It's hard not to sound like a Grammar Nazi in situations like this, but I hate sloppy pronunciation--your examples are excellent cases in point--as much as anybody.


----------



## C. Cal. MindTraipse (Nov 13, 2011)

I like the word moist, maybe because I associate it with sex--in which case I dislike the word: dry. It makes me cringe and think of grandmothers. I guess it's based on context.


----------



## FogOnTheBeach (Sep 26, 2011)

The word "mature" but when pronounced "muh-toor" instead of " muh-chur".


----------



## Just_Some_Guy (Oct 8, 2009)

FogOnTheBeach said:


> The word "mature" but when pronounced "muh-toor" instead of " muh-chur".


Both are actually acceptable pronunciations, but I dislike the former too. The same goes for almonds. Turns out, "ah-mond" without the L is an acceptable pronunciation, although it bugs the crap out of me.


----------



## Sina (Oct 27, 2010)

- horny 
- cameltoe 
- vulnerable (more how it sounds than what it means)
- gentle (when used in my context)
- titty-fuck
- boobies (sensuality-drain)
- mommy (it just sounds creepy)
- Moslem (good one @sly)
- Gandhi misspelt Ghandi and pronounced like 'candy' ffs.


----------



## Where Love Died Laughing (Jan 5, 2012)

First word that came to mind was "moist"

Second and third were "coochie" and "pussy"


----------



## Himu (Apr 16, 2010)

I remember I cringed when George Bush unveiled his plan for No Child Left Behind with his 3 "R"s: Readin, Ritin, Rithmetic

Seriously speaking though, the word "_emasculation_" makes me cringe. I guess the feeling would be one of sinking deep inside oneself with walls closing in... the word opens up a gaping hole.... you just sit there, completely indifferent to any sensation.


----------



## TaylorS (Jan 24, 2010)

"Consumer", I hate the word because it seems like it's used to reduce people into mere consumption machines. I'm a human beign and a citizen, dammit!


"Synergy" and similar corporate management buzzwords. Use plain English, you dingbats


----------



## orly (Oct 15, 2011)

All words for puking gross me out.. i.e. barf, vomit, spew, etc. They all sound unsanitary 0_o


----------



## TyTy (Dec 3, 2011)

I'm a female and...

I HATE the word Meticulous. It's like the nails on the chalkboard, popsicle stick/Q-tip on the tongue for me. I cringe when people say it and just shuddered having to type it. No explanation. No idea what the problem is. All I do know is that I despise this word!

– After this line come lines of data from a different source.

//! A usual volume: an extended header in a pad file, a policy, and files of several types, among them two drivers in byte code.
use crate::drivers::{Contents, Driver, NATIVE, SOUND, TRUE, USUAL, volume_with};
use crate::volumes::{Layout, NO_RULES, POLICY_NAME, Part, TEXT, edited};
use mm_base::{Bytes, NoMemory};
use std::alloc::Global;

/// A name with a size of 20 bytes after it, as a volume's extended header has.
const EXTENDED_HEADER: Layout = Layout {
    length: 20,
    pieces: &[(0, b"the volume's own\x14")],
};

/// A pad file around the extended header, the policy, and a file of another type.
const FRONT: &[Part] = &[
    Part {
        name: b"\xff\xff\xff\xff\xff\xff\xff\xff\xff\xff\xff\xff\xff\xff\xff\xff",
        kind: 0xf0,
        attributes: 0,
        off: 0,
        body: &[EXTENDED_HEADER],
    },
    Part {
        name: POLICY_NAME,
        kind: 0x02,
        attributes: 0,
        off: 0,
        body: NO_RULES,
    },
    Part {
        name: b"the core, number",
        kind: 0x0d,
        attributes: 0,
        off: 0,
        body: TEXT,
    },
];

/// A driver for x64, one that is compressed, and two of byte code.
const DRIVERS: &[Driver] = &[
    (b"driver number 01", &[TRUE, NATIVE, USUAL]),
    (
        b"driver number 02",
        &[TRUE, (0x01, Contents::Bytes(b"\0\0\0\0\x01")), USUAL],
    ),
    (b"driver number 03", &[TRUE, SOUND, USUAL]),
    (
        b"driver number 04",
        &[
            (0x1c, Contents::Bytes(b"\x01driver number 03\x08")),
            SOUND,
            USUAL,
        ],
    ),
];

/// A pad file.
const BACK: &[Part] = &[Part {
    name: b"\xff\xff\xff\xff\xff\xff\xff\xff\xff\xff\xff\xff\xff\xff\xff\xff",
    kind: 0xf0,
    attributes: 0,
    off: 0,
    body: TEXT,
}];

/// The usual volume, of 1,488 bytes, whose header tells its extended header.
pub fn usual_volume(alloc: Global) -> Result<Bytes, NoMemory> {
    let plain = volume_with(alloc, FRONT, DRIVERS, BACK)?;
    let length = plain.len();
    let edits = &[(50, b"\xa2\xe7\x60\0" as &[u8])];
    edited(alloc, plain.as_slice(), length, edits)
}
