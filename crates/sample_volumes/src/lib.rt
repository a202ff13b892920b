//! Floor: program. It promises nothing: it puts volumes together, of bytes that stand in it or are given, so that crates of tests and of
//! measurements stand on it. It never reads a volume.
#![tactic(auto)]

mod drivers;
mod usual;
mod volumes;

pub use drivers::{Contents, Driver, NATIVE, SOUND, Section, TRUE, USUAL, volume_with};
pub use usual::usual_volume;
pub use volumes::{
    COMPRESSED, COMPRESSED_BEHIND, DRIVER, DRIVER_AND_REST, EMPTY, GUID_DEFINED, IMAGE,
    LONG_SECTION, Layout, NO_IMAGE, NO_RULES, ONE_FILE, ONE_RULE, POLICY_NAME, Part, Piece,
    SHORT_BEHIND, SHORT_SECTION, TEXT, edited, joined, put_file, put_parts, volume_around,
    volume_of,
};
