//! Sample volumes, and volumes that are put together for tests.
use mm_base::{Bytes, List, NoMemory};
use std::alloc::Global;

/// Bytes, and the place that they stand at.
pub type Piece = (usize, &'static [u8]);

/// So many bytes, 0 but for these pieces.
pub struct Layout {
    pub length: usize,
    pub pieces: &'static [Piece],
}

/// The header of a volume of 72 bytes: FFS2, the volume's length, the signature, the attributes, the header's length, its
/// checksum, no extended header, revision 2, and a block map of one block.
pub const EMPTY: Layout = Layout {
    length: 72,
    pieces: &[
        (
            16,
            b"\x78\xe5\x8c\x8c\x3d\x8a\x1c\x4f\x99\x35\x89\x61\x85\xc3\x2d\xd3\x48",
        ),
        (40, b"_FVH\0\x08\0\0\x48\0\x41\xed\0\0\0\x02"),
        (56, b"\x01\0\0\0\x48"),
    ],
};

/// The header of a volume of 448 bytes.
const HEADER: Layout = Layout {
    length: 72,
    pieces: &[
        (
            16,
            b"\x78\xe5\x8c\x8c\x3d\x8a\x1c\x4f\x99\x35\x89\x61\x85\xc3\x2d\xd3\xc0\x01",
        ),
        (40, b"_FVH\0\x08\0\0\x48\0\x51\xea\0\0\0\x02"),
        (56, b"\x01\0\0\0\xc0\x01"),
    ],
};

/// The header of a driver file: its name, the header's checksum, a body without a checksum, the type, 372 bytes, and the
/// state of a file whose data is valid, inverted.
const FILE_HEADER: Layout = Layout {
    length: 24,
    pieces: &[
        (0, b"\xaa\xaa\xaa\xaa"),
        (15, b"\x01\xd4\xaa\x0e\0\x74\x01\0\xf8"),
    ],
};

/// A section with the dependency expression TRUE END, and two bytes up to the next section.
const EXPRESSION: Layout = Layout {
    length: 8,
    pieces: &[(0, b"\x06\0\0\x1c\x06\x08")],
};

/// The header of a section with an image of 336 bytes.
const IMAGE_HEADER: Layout = Layout {
    length: 4,
    pieces: &[(0, b"\x54\x01\0\x10")],
};

/// An image of EFI byte code with one section, whose code registers a handler for a GUID behind it.
pub const IMAGE: Layout = Layout {
    length: 336,
    pieces: &[
        (0, b"MZ"),
        (0x3c, b"\x40"),
        (0x40, b"PE\0\0\xbc\x0e\x01"),
        (0x54, b"\x70"),
        (0x58, b"\x0b\x02"),
        (0x68, b"\0\x01"),
        (0x78, b"\x20"),
        (0x90, b"\x60\x01\0\0\0\x01"),
        (0x9c, b"\x0b"),
        (0xd0, b"\x50\0\0\0\0\x01\0\0\x50\0\0\0\0\x01"),
        (0xec, b"\x20\0\0\x60"),
        (
            0x100,
            b"\x60\x81\x18\0\x6b\x05\x20\x04\x6b\x04\x79\x02\x32\0\x6b\x02\x79\x02\x0e\0\x6b\x02",
        ),
        (0x116, b"\x60\x13\x90\x01\x03\x23\x60\0\x20\0\x04\0"),
        (
            0x122,
            b"\x60\x81\x20\0\x6b\x01\x77\x32\x70\0\x6b\x02\x77\x32\x01\0\x6b\x02",
        ),
        (0x134, b"\x60\x13\x37\x52\x03\x23\x60\0\x18\0\x04\0"),
        (
            0x140,
            b"\x11\x11\x11\x11\x22\x22\x33\x33\x44\x44\x55\x55\x55\x55\x55\x55",
        ),
    ],
};

/// What is erased behind the file.
const ERASED: Layout = Layout {
    length: 4,
    pieces: &[(0, b"\xff\xff\xff\xff")],
};

/// A volume of 448 bytes with one driver file.
pub const ONE_FILE: &[Layout] = &[HEADER, FILE_HEADER, EXPRESSION, IMAGE_HEADER, IMAGE, ERASED];

/// The body of a driver file that nothing is wrong with.
pub const DRIVER: &[Layout] = &[EXPRESSION, IMAGE_HEADER, IMAGE];

/// A driver's body, and 3 bytes behind it that are no section.
pub const DRIVER_AND_REST: &[Layout] = &[
    EXPRESSION,
    IMAGE_HEADER,
    IMAGE,
    Layout {
        length: 3,
        pieces: &[(0, b"\x03")],
    },
];

/// A body of four letters.
pub const TEXT: &[Layout] = &[Layout {
    length: 4,
    pieces: &[(0, b"text")],
}];

/// A body of an expression alone.
pub const NO_IMAGE: &[Layout] = &[EXPRESSION];

/// A section of 3 bytes, which is less than its header.
const TOO_SHORT: Layout = Layout {
    length: 4,
    pieces: &[(0, b"\x03\0\0\x19")],
};

/// A driver's body behind a section of 3 bytes.
pub const SHORT_SECTION: &[Layout] = &[TOO_SHORT, EXPRESSION, IMAGE_HEADER, IMAGE];

/// A compressed section of 12 bytes.
const COMPRESSED_SECTION: Layout = Layout {
    length: 12,
    pieces: &[(0, b"\x0c\0\0\x01")],
};

/// A compressed section, and a driver's body with a section of 3 bytes in front behind it.
pub const SHORT_BEHIND: &[Layout] = &[
    COMPRESSED_SECTION,
    TOO_SHORT,
    EXPRESSION,
    IMAGE_HEADER,
    IMAGE,
];

/// A driver's body with a section behind it that leads past the end by one byte.
pub const LONG_SECTION: &[Layout] = &[
    EXPRESSION,
    IMAGE_HEADER,
    IMAGE,
    Layout {
        length: 8,
        pieces: &[(0, b"\x09\0\0\x19")],
    },
];

/// A GUID-defined section of 24 bytes.
const GUID_DEFINED_SECTION: Layout = Layout {
    length: 24,
    pieces: &[(0, b"\x18\0\0\x02\x11\x11\x11\x11"), (20, b"\x18")],
};

/// A driver's body with a compressed section behind it.
pub const COMPRESSED: &[Layout] = &[EXPRESSION, IMAGE_HEADER, IMAGE, COMPRESSED_SECTION];

/// A GUID-defined section, and a compressed one behind it.
pub const COMPRESSED_BEHIND: &[Layout] = &[GUID_DEFINED_SECTION, COMPRESSED_SECTION];

/// A driver's body behind a GUID-defined section.
pub const GUID_DEFINED: &[Layout] = &[GUID_DEFINED_SECTION, EXPRESSION, IMAGE_HEADER, IMAGE];

/// The name of the policy file, as it is stored.
pub const POLICY_NAME: &[u8] = b"PSMM\x02\0\0\x40\x80\0\0\0\0\0\0\x02";

/// A raw section with a policy of no rules, which gives 65,536 of fuel.
pub const NO_RULES: &[Layout] = &[Layout {
    length: 20,
    pieces: &[(0, b"\x14\0\0\x19MMSP\x01"), (18, b"\x01")],
}];

/// A policy of one rule, of 56 bytes: the image aaaaaaaa-0000-0000-0000-000000000001 may read port 70.
pub const ONE_RULE: &[Piece] = &[
    (0, b"MMSP\x01\0\0\0\x01\0\0\0\0\0\x01\0"),
    (16, b"\x02\0\x01\0\x01\0\0\0\xaa\xaa\xaa\xaa"),
    (39, b"\x01\x70"),
    (48, b"\x01"),
];

/// A file that goes into a volume. `off` is added to the right file checksum: 0 leaves the body sound.
#[derive(Drop)]
pub struct Part {
    /// The name, 16 bytes as they are stored.
    pub name: &'static [u8],
    pub kind: u8,
    pub attributes: u8,
    pub off: u8,
    pub body: &'static [Layout],
}

/// Writes a piece over bytes.
fn write(bytes: &mut [u8], piece: &Piece) {
    let (at, written) = piece;
    for (byte, value) in bytes.iter_mut().skip(*at).zip(*written) {
        *byte = *value;
    }
}

/// Puts bytes of this layout behind others.
fn put_layout(bytes: &mut Bytes, alloc: Global, layout: &Layout) -> Result<(), NoMemory> {
    let mut memory = vec![in alloc; 0u8; layout.length]?;
    for piece in layout.pieces {
        write(memory.as_mut_slice(), piece);
    }
    bytes.extend(memory.as_slice())
}

/// Bytes of these layouts, one after the other. It costs a step a byte, and so do the other builders.
pub fn joined(alloc: Global, layouts: &[Layout]) -> Result<Bytes, NoMemory> {
    let mut bytes = List::new(alloc);
    for layout in layouts {
        put_layout(&mut bytes, alloc, layout)?;
    }
    Ok(bytes)
}

/// The first so many of these bytes, or all where there are fewer, with pieces written over them; what of a piece leads past their end
/// is left out.
pub fn edited(
    alloc: Global,
    bytes: &[u8],
    length: usize,
    edits: &[Piece],
) -> Result<Bytes, NoMemory> {
    let mut all = Vec::new(alloc);
    for byte in bytes.iter().take(length) {
        all.push(*byte)?;
    }
    for piece in edits {
        write(all.as_mut_slice(), piece);
    }
    Ok(List::from_vec(all))
}

fn sum_of_bytes(bytes: &[u8]) -> u8 {
    let mut total: u8 = 0;
    for byte in bytes {
        total = total.wrapping_add(*byte);
    }
    total
}

/// The sum of the 16-bit words of bytes; every other byte is the upper half of a word.
fn sum_of_words(bytes: &[u8]) -> u16 {
    let mut total: u16 = 0;
    for (place, byte) in bytes.iter().enumerate() {
        let weight: u16 = if place % 2 == 0 { 1 } else { 256 };
        total = total.wrapping_add(u16::from(*byte).wrapping_mul(weight));
    }
    total
}

/// The header of a volume of so many bytes.
fn volume_header(
    alloc: Global,
    ffs3: bool,
    length: usize,
    checksum: u16,
) -> Result<Bytes, NoMemory> {
    let system: &[u8] = if ffs3 {
        b"\x7a\xc0\x73\x54\xcb\x3d\xca\x4d\xbd\x6f\x1e\x96\x89\xe7\x34\x9a"
    } else {
        b"\x78\xe5\x8c\x8c\x3d\x8a\x1c\x4f\x99\x35\x89\x61\x85\xc3\x2d\xd3"
    };
    let mut header = List::from_slice(alloc, &[0; 16])?;
    header.extend(system)?;
    header.extend(&(length as u64).to_le_bytes())?;
    header.extend(b"_FVH\0\x08\0\0\x48\0")?;
    header.extend(&checksum.to_le_bytes())?;
    header.extend(b"\0\0\0\x02")?;
    header.extend(&[0; 16])?;
    Ok(header)
}

/// The header of a file with a body of so many bytes; a large one has 32 bytes.
fn file_header(
    alloc: Global,
    part: &Part,
    body: usize,
    header_sum: u8,
    file_sum: u8,
    state: u8,
) -> Result<Bytes, NoMemory> {
    let mut header = List::from_slice(alloc, part.name)?;
    header.extend(&[header_sum, file_sum, part.kind, part.attributes])?;
    if part.attributes & 1 == 0 {
        let [low, middle, high, ..] = (body as u64).wrapping_add(24).to_le_bytes();
        header.extend(&[low, middle, high, state])?;
    } else {
        header.extend(&[0xff, 0xff, 0xff, state])?;
        header.extend(&(body as u64).wrapping_add(32).to_le_bytes())?;
    }
    Ok(header)
}

/// The file checksum of a part with this body.
fn file_sum(part: &Part, body: &[u8]) -> u8 {
    let right = if part.attributes & 0x40 == 0 {
        0xaa
    } else {
        0u8.wrapping_sub(sum_of_bytes(body))
    };
    right.wrapping_add(part.off)
}

/// Puts a file behind others, and what is erased up to the next one.
fn put_part(files: &mut Bytes, alloc: Global, part: &Part) -> Result<(), NoMemory> {
    let body = joined(alloc, part.body)?;
    put_file(files, alloc, part, body.as_slice())
}

/// Puts files after others: of each its header, with the right checksums but for `off`, its body, and what is erased up to the next
/// multiple of 8.
pub fn put_parts(files: &mut Bytes, alloc: Global, parts: &[Part]) -> Result<(), NoMemory> {
    for part in parts {
        put_part(files, alloc, part)?;
    }
    Ok(())
}

/// Puts a file after others, whose body is given in place of the part's own, and what is erased up to the next multiple of 8. The body
/// has fewer than 16,777,192 bytes, or the part tells that it is a large file.
pub fn put_file(
    files: &mut Bytes,
    alloc: Global,
    part: &Part,
    body: &[u8],
) -> Result<(), NoMemory> {
    let blank = file_header(alloc, part, body.len(), 0, 0, 0)?;
    let header_sum = 0u8.wrapping_sub(sum_of_bytes(blank.as_slice()));
    let file_sum = file_sum(part, body);
    let header = file_header(alloc, part, body.len(), header_sum, file_sum, 0xf8)?;
    files.extend(header.as_slice())?;
    files.extend(body)?;
    for _ in 0..(8 - files.len() % 8) % 8 {
        files.push(0xff)?;
    }
    Ok(())
}

/// A volume of these files, without a block map, whose header has the right checksum.
pub fn volume_of(alloc: Global, ffs3: bool, parts: &[Part]) -> Result<Bytes, NoMemory> {
    let mut files = List::new(alloc);
    put_parts(&mut files, alloc, parts)?;
    volume_around(alloc, ffs3, files.as_slice())
}

/// A volume around the bytes of its files, without a block map, whose header has the right checksum. They begin at 72.
pub fn volume_around(alloc: Global, ffs3: bool, files: &[u8]) -> Result<Bytes, NoMemory> {
    let length = files.len().wrapping_add(72);
    let blank = volume_header(alloc, ffs3, length, 0)?;
    let checksum = 0u16.wrapping_sub(sum_of_words(blank.as_slice()));
    let mut volume = volume_header(alloc, ffs3, length, checksum)?;
    volume.extend(files)?;
    Ok(volume)
}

Ya know tacked on to a sentence is very irritating to me. Once or twice I can let slide, but there are chronic Ya Knowers out there

mmmhhmmm when someone actually verbalizes this and drags it out to say yes to something, it scares the hell out of me. I think stalker, pedophile...not sure why. Some words are meant for text only and this is one of them!


----------



## TyTy (Dec 3, 2011)

Himu said:


> I remember I cringed when George Bush unveiled his plan for No Child Left Behind with his 3 "R"s: Readin, Ritin, Rithmetic


lol definitely "cringe" worthy


----------



## TyTy (Dec 3, 2011)

Promethea said:


> i cringe every time someone calls walmart 'wallyworld' - a sort of violent cringing that turns into seizures.


lmao agreed!


----------



## TyTy (Dec 3, 2011)

This is derailing the topic a bit but....

I also cringe when I hear people talking who sound like they are turning everything into a question. When their voice goes up at the end of almost every sentence. Not sure if I described it very well, but this drives me insane. 

OR, if they are kind of the happy, upbeat, sing-songy type. It almost sounds like they are sing-talking to you and you feel like a 2 year old. Those are just as bad. Doesn't matter what they are saying...ALL of their words become instantly annoying!


----------



## Just_Some_Guy (Oct 8, 2009)

TyTy said:


> I also cringe when I hear people talking who sound like they are turning everything into a question. When their voice goes up at the end of almost every sentence. Not sure if I described it very well, but this drives me insane.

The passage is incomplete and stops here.